6

I have a vector of numeric values. My hypothesis is that this vector is a mixture drawn from two Gaussian distributions (ie k = 2). However, it is possible that there is only one Gaussian underlying my data (k = 1). I am attempting to answer this question in a data-driven manner but do not know the best method?

My thought was to compare the two methods by calculating the BIC or AIC for each, and then performing a log-likelihood test.

  1. Should I include k as one of the parameters being estimated when I calculate BIC (ie {mu1, sd1, mu2, sd2, k} vs {mu1, sd1, k} for the 2-component and 1-component models respectively)

  2. I'm using the mixtools package in R and the normalmixEM() function does not seem to allow fitting a 1-component gaussian (ie if I use k = 1 I get an error arbmean and arbvar cannot both be FALSE)

  3. If using a LR with AIC/BIC is not appropriate, is there a more appropriate solution to this problem?

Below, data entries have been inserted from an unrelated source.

//! A link whose bytes are in memory.
ghost use Rattle.std.specs.Io.{ReadsAtMost};
ghost use Rattle.std.specs.Io.KnownBytes.{ReadConsumes, WriteAppends};
ghost use Rattle.bw_out.specs.Causes.{HasCause};
ghost use Rattle.std.specs.Prelude.{◌≡◌, ◌≤◌, ◌<◌, ◌+◌, nat_lt, false, [], Some, length, take, drop, vec_len, vec_capacity, IfOk, OnErr};

use crate::client::Client;
use crate::socket::Socket;
use bw_out::{Channel, Failed, Sink, Source};

/// A link to a client. It tells the bytes that were read of the client and are left, and those that were written, all
/// of which are in memory.
///
/// A read fails only where the bytes are at an end and the client hadn't ended, and a write only where there is no
/// memory.
#[derive(Drop)]
pub struct PortLink<S> {
    socket: Socket<S>,

    /// What was read of the client, and how much of it was handed on.
    inbox: Vec<u8>,
    at: usize,

    /// The client has ended behind these bytes.
    ended: bool,

    /// What was written.
    outbox: Vec<u8>,
    read_faults: u64,
    write_faults: u64,
    ghost within: { at ≤ vec_len inbox },
}

impl<S> PortLink<S> {
    /// The link of a client, of which nothing was handed on, with the empty memory for what will be written.
    pub(crate) fn new(client: Client<S>, ended: bool, outbox: Vec<u8>) -> Self
        requires { outbox.items ≡ [] }
        ensures socket { result.socket ≡ client.socket }
        ensures inbox { result.inbox ≡ client.inbox }
        ensures at { result.at ≡ 0 }
        ensures ended { result.ended ≡ ended }
        ensures outbox { result.outbox.items ≡ [] }
        ensures reads { result.read_faults ≡ 0 }
        ensures writes { result.write_faults ≡ 0 }
    {
        let (socket, inbox) = client.into_parts();
        PortLink {
            socket,
            inbox,
            at: 0,
            ended,
            outbox,
            read_faults: 0,
            write_faults: 0,
        }
    }

    /// Whether a call of it has failed.
    pub(crate) fn is_faulty(&self) -> bool
        ensures { result ≡ nat_lt 0 (self.now.read_faults + self.now.write_faults) }
    {
        self.read_faults > 0 || self.write_faults > 0
    }

    /// Its stream, and what was written.
    pub(crate) fn into_parts(self) -> (Socket<S>, Vec<u8>)
        ensures socket { result.0 ≡ self.socket }
        ensures outbox { result.1 ≡ self.outbox }
    {
        let PortLink { socket, outbox, .. } = self;
        (socket, outbox)
    }
}

impl<S> Channel for PortLink<S> {
    ghost left = { λ link. Some (drop link.at link.inbox.items) };

    ghost held = { λ link. Some link.outbox.items };

    ghost read_faults = { λ link. link.read_faults };

    ghost write_faults = { λ link. link.write_faults };
}

/// Copies bytes from a place on, as many as there is room for, and says how many.
fn copy_from(bytes: &[u8], at: usize, buf: &mut [u8]) -> usize
    requires { at ≤ length bytes.now }
    ensures bound { result ≤ length buf.new }
    ensures left { at + result ≤ length bytes.now }
    ensures bytes { take result buf.new ≡ take result (drop at bytes.now) }
    ensures none { result ≡ 0 → 0 < length buf.new → at ≡ length bytes.now }
{
    let count = buf.len().min(bytes.len() - at);
    buf[..count].copy_from_slice(&bytes[at..at + count]);
    count
}

impl<S> Source for PortLink<S> {
    ghost same_refl = { λ a. tt };

    ghost same_trans = { λ a b c p q. tt };

    fn read(&mut self, buf: &mut [u8]) -> Result<usize, Failed>
        ensures bound { ReadsAtMost result buf.new }
        ensures bytes { ReadConsumes (Some (drop self.old.at self.old.inbox.items)) (Some (drop self.new.at self.new.inbox.items)) result buf.new }
        ensures cause { HasCause self.old.read_faults self.new.read_faults result }
        ensures outbox { self.new.outbox ≡ self.old.outbox }
        ensures write_faults { self.new.write_faults ≡ self.old.write_faults }

        // It fails only behind the last byte of a client that hasn't ended.
        ensures last { OnErr result ((self.old.at ≡ vec_len self.old.inbox) × (self.old.ended ≡ false)) }
    {
        let count = copy_from(&self.inbox, self.at, buf);
        if count == 0 && !buf.is_empty() && !self.ended {
            self.read_faults = self.read_faults.saturating_add(1);
            return Err(Failed);
        }
        self.at += count;
        Ok(count)
    }
}

impl<S> Sink for PortLink<S> {
    ghost same_refl = { λ a. tt };

    ghost same_trans = { λ a b c p q. tt };

    fn write(&mut self, bytes: &[u8]) -> Result<usize, Failed>
        ensures bound { IfOk result (λ n. n ≤ length bytes.now) }
        ensures some { 0 < length bytes.now → IfOk result (λ n. 0 < n) }
        ensures bytes { WriteAppends (Some self.old.outbox.items) (Some self.new.outbox.items) result bytes.now }
        ensures cause { HasCause self.old.write_faults self.new.write_faults result }
        ensures inbox { (self.new.inbox ≡ self.old.inbox) × (self.new.at ≡ self.old.at) }
        ensures read_faults { self.new.read_faults ≡ self.old.read_faults }

        // It fails only where the memory at hand isn't enough.
        ensures full { OnErr result (vec_capacity self.old.outbox < vec_len self.old.outbox + length bytes.now) }
    {
        match self.outbox.extend_from_slice(bytes) {
            Ok(()) => Ok(bytes.len()),
            Err(_) => {
                self.write_faults = self.write_faults.saturating_add(1);
                Err(Failed)
            }
        }
    }
}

Edit: I found a somewhat illuminating example here. This approach uses the mclust package to fit a 1 vs 2 component gaussian mixture and use the model log-likelihood to perform a likelihood ratio test.

Maxim
  • 3,164
  • 1
  • 17
  • 25
Brandon
  • 296
  • 1
  • 10
  • [This paper](https://arxiv.org/abs/0908.3428) and [this paper](http://www.tandfonline.com/doi/abs/10.1080/01621459.2012.695668) should be helpful, they also have a R package: [`MixtureInf`](https://cran.r-project.org/web/packages/MixtureInf/index.html) – Francis Dec 20 '17 at 13:26
  • Those are indeed helpful, many thanks! I will take a look at their implementation in the package. – Brandon Dec 20 '17 at 17:02

1 Answers1

1

An alternative strategy is to test for Normality. If your data comes from a single Gaussian, you should fail to reject the null hypothesis. Conversely, if you get a statistically significant p-value for rejecting the null hypothesis, then you know that k > 1. This strategy can be easily generalized to the multi-variate case by performing PCA and testing each principal component separately.

Since you're working with R, I recommend you take a look at the nortest package.